I'll try to do my best with that. First, I want to clarify that when I was 12 years old, I took the opportunity of going to a boarding school. So in effect I was running away from home then. I did run back home from the city after school. I just returned to my community in 1998 only to find that, of course, the violence and abuse were still there. I say that just for clarification.
I think that when I experienced being thrown out of my home with my son.... I work in the community. I know the resources. I worked at social services. I'm in the addictions field. But it was such a crisis that you don't think readily or clearly. Outreach would have been helpful. I think I had one or two people out of the entire community ask me what really happened. Again, it was like a silent crisis for years.
You can have safety plans. I think safety plans keep you physically alive. But you don't feel safe for a long time until you do the work of making sure that all precautions are taken. You then start to build on that experience of feeling safe. Nonetheless, that sense of safety still isn't there; I still feel unsafe at times because I run into certain individuals, and continue to deal with obscene gestures and remarks and those sorts of things.
They were helpful to me at the shelter. God bless them. They're so busy and so alert 24/7 in dealing with crises. I'm so glad that they were there for me when I needed them. But I knew about them.
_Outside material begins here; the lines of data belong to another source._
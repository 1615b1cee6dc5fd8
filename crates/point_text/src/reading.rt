//! The reading of the lines of a solution.

ghost use Rattle.std.specs.Prelude.{◌≡◌, ◌+◌, ◌<◌, ◌^◌, length, []};
ghost use Rattle.point_text.specs.Holding.{held, Holds, TookAll};
ghost use Rattle.point_text.specs.PairText.{silent};

use crate::faults::SolError;
use crate::solution_lines::split_line;
use crate::values::Values;
use exact_texts::Textual;
use std::alloc::Global;
use text_lines::{Fault, first_line};

/// Takes in the lines of a text that follows so many lines.
pub fn take_lines<T: Textual>(
    alloc: Global,
    values: &mut Values<T>,
    text: &[u8],
    lines_before: u64,
) -> Result<(), SolError>
    requires len { length values.old.numbers.items ≡ length values.old.table }
    requires holds { Holds T.texts.reading [] (held T.number values.old) }
    requires few { lines_before + length text.now < 2 ^ 64 }
    ensures took { TookAll T.texts.reading values.old.table (silent lines_before) text.now result (held T.number values.new) }
    ensures len { length values.new.numbers.items ≡ length values.new.table }
    ensures table { values.new.table ≡ values.old.table }
{
    let mut fields = Vec::new(alloc);
    let mut rest = text;
    let mut number: u64 = lines_before;
    while !rest.is_empty() {
        let (line, after) = first_line(rest);
        number += 1;
        let said = split_line(&mut fields, line)?;
        if let Err(kind) = values.take_line(alloc, said)? {
            return Err(SolError::Fault(Fault { kind, line: number }));
        }
        rest = after;
    }
    Ok(())
}
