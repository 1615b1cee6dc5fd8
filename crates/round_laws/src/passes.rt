//! Passes, and the rounds that they are.

ghost use Rattle.std.specs.Prelude.{◌≡◌, ℕ, ◌<◌, true, List, [], ◌∷◌, ◌++◌, length, None};
ghost use Rattle.std.specs.List.{Contains, filter};
ghost use Rattle.problem_model.specs.declared.part.Part.{Part};
ghost use Rattle.problem_model.specs.Reading.{Agrees};
ghost use Rattle.problem_model.specs.Sparse.{Sparse};
ghost use Rattle.presolve_model.specs.declared.instance.Instance.{Instance};
ghost use Rattle.presolve_model.specs.declared.instance.Rule.{Rule};
ghost use Rattle.presolve_model.specs.declared.outcome.Outcome.{Outcome};
ghost use Rattle.presolve_model.specs.Commits.{Allows, left_by};
ghost use Rattle.presolve_model.specs.Enabled.{enabled_on};
ghost use Rattle.presolve_model.specs.Given.{Proposed};
ghost use Rattle.presolve_model.specs.Instances.{instances_from, reach_of, rule_at, shares_reading};
ghost use Rattle.presolve_model.specs.Ledger.{instance_count, Ledger};
ghost use Rattle.presolve_model.specs.Ordered.{Committed, round_list};
ghost use Rattle.presolve_model.specs.Scans.{proposal_of};
ghost use Rattle.presolve_model.specs.Stuck.{Stuck};
ghost use Rattle.presolve_model.specs.Tables.{heads};
ghost use Rattle.presolve_model.specs.Tallies.{Open, open_on};
ghost use Rattle.place_laws.specs.Choosing.{AreSorted, Around, IsComplete, visited};
ghost use Rattle.place_laws.specs.Marks.{Grows, IsNoted, Marks, parts_for};
ghost use Rattle.place_laws.specs.Standing.{IsFresh};
ghost use Rattle.round_laws.specs.Passing.{Follows, Passed, ReadAlike};
ghost use Rattle.round_laws.specs.Turning.{MetIsPassed, OthersArePassed, PassMarksAll, RestIsPassed, SleeperIsPassed};

/// A stale proposal changes nothing. What is fresh is answered as its instance's reading of the present problem is.
pub fn commits_are_met()
    ensures stale { (b : Ledger) (p : Proposed) (o : Outcome) → (Agrees b.problem p.reading → ⊥) → Allows b p o → left_by b 0 p o ≡ b }
    ensures fresh { (f : Sparse) (b : Ledger) (e : Instance) (v w : ℕ) (o : Outcome) → IsFresh f b.problem e → Allows b (proposal_of b.problem w e) o → Allows b (proposal_of f v e) o }
{}

/// An instance at its turn: where it is not enabled nothing is done; where it is stale it is marked; else it is committed on the present
/// problem, and what changes is noted, and stirred or roused where what is seen of it lets more, with a part that it reads. Where it is refused for a
/// number, and such a refusal rests on what it reads, it may be put to sleep in place of that. Those of a rule's instances with a first id are
/// met that are enabled on the present problem. Where each part that has changed since the round began is noted, those may be left out that were
/// not enabled then. While the problem is still the one with which the round began, a pass over those that are enabled is one over all. Passes
/// follow one after another.
pub fn turns_pass()
    ensures over { (opens : Open) (f : Sparse) (v : ℕ) (e : Instance) (n : Marks) (b : Ledger) → Follows opens f b → (enabled_on b.problem e ≡ true → ⊥) → Passed opens f v (e ∷ []) n b n b }
    ensures stale { (opens : Open) (f : Sparse) (v : ℕ) (n m : Marks) (b : Ledger) (e : Instance) (a : Part) → Follows opens f b → (IsFresh f b.problem e → ⊥) → Grows n m → Contains (heads e) a → Contains (parts_for m (reach_of (rule_at e))) a → Passed opens f v (e ∷ []) n b m b }
    ensures met { MetIsPassed }
    ensures asleep { SleeperIsPassed }
    ensures found { (opens : Open) (f : Sparse) (v : ℕ) (r : Rule) (k : ℕ) (n m : Marks) (b c : Ledger) → Follows opens f b → Passed opens f v (filter (enabled_on b.problem) (instances_from (open_on b.tally) b.problem r k)) n b m c → Passed opens f v (instances_from opens f r k) n b m c }
    ensures beside { RestIsPassed }
    ensures listed { (opens : Open) (f : Sparse) (v : ℕ) (es : List Instance) (n m : Marks) (b c : Ledger) → b.problem ≡ f → Passed opens f v (filter (enabled_on f) es) n b m c → Passed opens f v es n b m c }
    ensures more { (opens : Open) (f : Sparse) (v : ℕ) (es fs : List Instance) (n m k : Marks) (b c d : Ledger) → Passed opens f v es n b m c → Passed opens f v fs m c k d → Passed opens f v (es ++ fs) n b k d }
{}

/// Instances that read the same parts. Where the first of them is stale all are, and they are marked with one part that it reads; where a part
/// that it reads is noted they are marked as they are. Where it is fresh each is. The first one that is applied changes a part that the others read, so that they are stale, and marked, as that is noted.
/// The instances of a rule with a first id read the same parts, where they share their reading.
pub fn rows_are_met()
    ensures stale { (opens : Open) (f : Sparse) (v : ℕ) (n m : Marks) (b : Ledger) (e : Instance) (es : List Instance) (a : Part) → Follows opens f b → (IsFresh f b.problem e → ⊥) → ReadAlike e es → Grows n m → Contains (heads e) a → Contains m.noted a → Passed opens f v es n b m b }
    ensures noted { (opens : Open) (f : Sparse) (v : ℕ) (m : Marks) (b : Ledger) (e : Instance) (es : List Instance) → Follows opens f b → (IsFresh f b.problem e → ⊥) → ReadAlike e es → IsNoted b.problem m.noted e → Passed opens f v es m b m b }
    ensures fresh { (f p : Sparse) (e x : Instance) (es : List Instance) → ReadAlike e es → Contains es x → IsFresh f p e → IsFresh f p x }
    ensures stopped { OthersArePassed }
    ensures alike { (opens : Open) (p : Sparse) (r : Rule) (k : ℕ) (e : Instance) (es : List Instance) → shares_reading r ≡ true → Contains (instances_from opens p r k) e → ((x : Instance) → Contains es x → Contains (instances_from opens p r k) x) → ReadAlike e es }
{}

/// A pass over rows and columns where each enabled instance is that does not sleep commits what a round lists, with those that sleep. After
/// it each enabled instance is marked, if the run goes on: it reads a part that is noted, or sleeps.
pub fn passes_are_rounds()
    ensures round { (b c : Ledger) (n : Around) (k m : Marks) → AreSorted n → IsComplete b.numbers (open_on b.tally) b.problem n k.asleep → Passed (open_on b.tally) b.problem (instance_count b) (visited (open_on b.tally) b.problem n) k b m c → Committed b (round_list b) c }
    ensures marked { PassMarksAll }
{}

/// A round that applied nothing leaves the book as it was, and nothing can be applied there.
pub fn rounds_come_to_an_end()
    ensures { (b c : Ledger) → b.verdict ≡ None → length b.history < b.limit → Committed b (round_list b) c → c.verdict ≡ None → length c.history ≡ length b.history → (c ≡ b) × Stuck b.numbers (open_on b.tally) b.problem }
{}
So I'm not so sure if any person going through a crisis would readily think of those things. I think the outreach is absolutely needed and some type of coordination team or something like that when situations happen. People knew that happened to me; they knew that when I was thrown out of the house and the door was locked, nobody came. I tried calling and all sorts of stuff. The police said their hands were tied.
People know what's happening but they don't know how to deal with it. It's as if we live in a community that's paralyzed, because we're in crisis and we deal with a lot of issues all the time. Sometimes things are normalized.